Here is a 3 step guide by Martin:
- Try to build an end-to-end pipeline as quickly as possible: the basic preprocessing, a simple baseline model or slightly better, and getting the outputs in shape for their intended downstream use.
- Then I iterate over the different parts of the pipeline; again focussing on cycling quickly through the first iterations.
- Try to talk frequently with the teams that will use your predictions, to figure out which level of sophistication is needed. Don’t lose sight of the bigger picture.
On The Future OF ML
“Least Squares Regression has been around since the time of Gauss and will always be relevant.”
For Martin, machine Learning in its modern incarnation is a relatively young field, which makes it more difficult to extrapolate from history. But he is positive that fundamental techniques like gradient descent or backpropagation might still be relevant in the future. Whereas, the least Squares Regression, he believes, will always be relevant as a first baseline model.
Martin also warned that progress of a field rarely takes the shape of a monotonic increase. “A few (or even many) dead ends and failed experiments are to be expected along the way; that’s just the nature of it. The more we explore the parameter space of ML – even away from popular techniques – the better and more robust the surviving methods will be,” he explained.
There is a tendency for domains to move closer to the way in which we experience the world. For instance, NLP deals more directly and flexibly with language, instead of having to go through another abstraction level where language characteristics are first translated into generic numerical features which are then modelled. Similar for Computer Vision. I have a feeling that whichever domain manages to deal with very diverse input data in a flexible yet robust way has a good chance of coming out on top.
“The old adage of “garbage in – garbage out” is as relevant as ever in ML.”
When asked about the hype around machine learning, Martin quipped that it’s important to remember that ML is not magic, and that even the most sophisticated model is at its core an abstract description of training data. “If you’re not careful, then all the bias inherent in your data will be reflected in the model. The old adage of “garbage in – garbage out” is as relevant as ever in ML; probably even more so if your model lacks interpretability,” he added.
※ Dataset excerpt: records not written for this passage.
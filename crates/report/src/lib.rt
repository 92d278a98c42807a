#![tactic(auto)]
// What a circuit's bytes say, as text: what the program prints (01, 'Circuits').
ghost use Rattle.std.specs.Prelude.{◌≡◌, ◌++◌, length, drop};
ghost use Rattle.report.specs.Text.{describe_answer, describe_out, refused_line};

use lines::{put_refused, put_text};
use params::Refusal;
use text::put;

mod lines;
mod text;

/// The text of a circuit's bytes, into the front of a lent slice, and its length. A refused circuit has a text too. Refusal 2 where the slice is shorter than the text.
#[tactic(auto, unfolding(crate::specs::Text::describe_number, crate::specs::Text::describe_out))]
pub fn describe(bytes: &[u8], out: &mut [u8]) -> Result<usize, Refusal>
    ensures said { result ≡ describe_answer bytes.now (length out.old) }
    ensures written { out.new ≡ describe_out bytes.now out.old }
{
    let mut text = [0u8; 1280];
    let n = put_text(bytes, &mut text);
    Refusal::Length.unless(n <= out.len())?;
    put(out, 0, &text[..n]);
    Ok(n)
}

/// The line of a refusal, such as `refused 9 at 13`, into the front of an array that has room for any of them, and its length.
pub fn refused(number: u32, place: usize, out: &mut [u8; 64]) -> usize
    ensures said { result ≡ length (refused_line number place) }
    ensures written { out.new ≡ refused_line number place ++ drop (length (refused_line number place)) out.old }
{
    put_refused(out, number, place)
}
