//! Lower-case hexadecimal digits: two to an octet, eight to a word. The kit's crate hex would take capitals too.
ghost use Rattle.std.specs.Prelude.{◌≡◌, ℕ, List, Some, IfOk, MatchOption};
ghost use Rattle.hex_digits.specs.Digits.{digit_of, octet_of, word_of, SpellsOctets, spelled};

use std::alloc::{AllocError, Global};
use std::fmt;

/// The word that eight digits spell; none where the text is anything else.
pub fn word(text: &[u8]) -> Option<u32>
    ensures { result ≡ word_of text.now }
{
    let &[a, b, c, d, e, f, g, h] = text else {
        return None;
    };
    let octets = [octet(a, b)?, octet(c, d)?, octet(e, f)?, octet(g, h)?];
    Some(u32::from_be_bytes(octets))
}

/// The octets that a text spells, two digits to each; none where it is anything else.
pub fn octets(heap: Global, text: &[u8]) -> Result<Option<Vec<u8>>, AllocError>
    ensures { IfOk result (λ o. MatchOption o ((xs : List ℕ) → SpellsOctets text.now xs → ⊥) (λ v. SpellsOctets text.now v.items)) }
{
    let (pairs, []) = text.as_chunks::<2>() else {
        return Ok(None);
    };
    let mut octets = Vec::new(heap);
    for &[high, low] in pairs {
        let Some(octet) = octet(high, low) else {
            return Ok(None);
        };
        octets.push(octet)?;
    }
    Ok(Some(octets))
}

// The octet that two digits spell.
fn octet(high: u8, low: u8) -> Option<u8>
    ensures { result ≡ octet_of high low }
{
    Some(digit(high)? * 16 + digit(low)?)
}

// The value of a digit.
fn digit(letter: u8) -> Option<u8>
    ensures { result ≡ digit_of letter }
{
    match letter {
        b'0'..=b'9' => Some(letter - b'0'),
        b'a'..=b'f' => Some(letter - b'a' + 10),
        _ => None,
    }
}

/// Octets to be written, two digits to each.
#[derive(Clone, Copy)]
pub struct Hex<'a>(pub &'a [u8]);

impl fmt::Display for Hex<'_> {
    ghost output = { λ hex. Some (spelled hex.0.now) };

    fn fmt<W: fmt::Write>(&self, f: &mut fmt::Formatter<W>) -> fmt::Result {
        for &octet in self.0 {
            write!(f, "{octet:02x}")?;
        }
        Ok(())
    }
}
Talking about how overwhelming machine learning can be for the beginner due to hype, Martin cited his own example of coming from a non-software engineering background. He also believes that the most underrated skills for ML engineers are not necessarily to be found in the technical domain.
Few tips for the beginners:
According to Martin, the thumb rule here is to know where the model fits in the overall business pipeline, and learning from those who provide data and those who will use the model. And in turn, this will help one to better understand your data and how to handle it.
On a concluding note, Martin said that the best way to overcome any challenge is to get started on some small and well-defined aspect of it. “Sure, you don’t want to jump blindly into a problem; and a little bit of preparation can have a large payoff. But you also don’t want to overthink and over-optimise your approach, and become overwhelmed before you even begin.”
“Consistency is key. It’s a bit of a cliche by now, but a small amount of progress every day really will accumulate pretty quickly and will give you noticeable improvements in months or even weeks. But you gotta do it every day, that’s the hard part,” said Martin.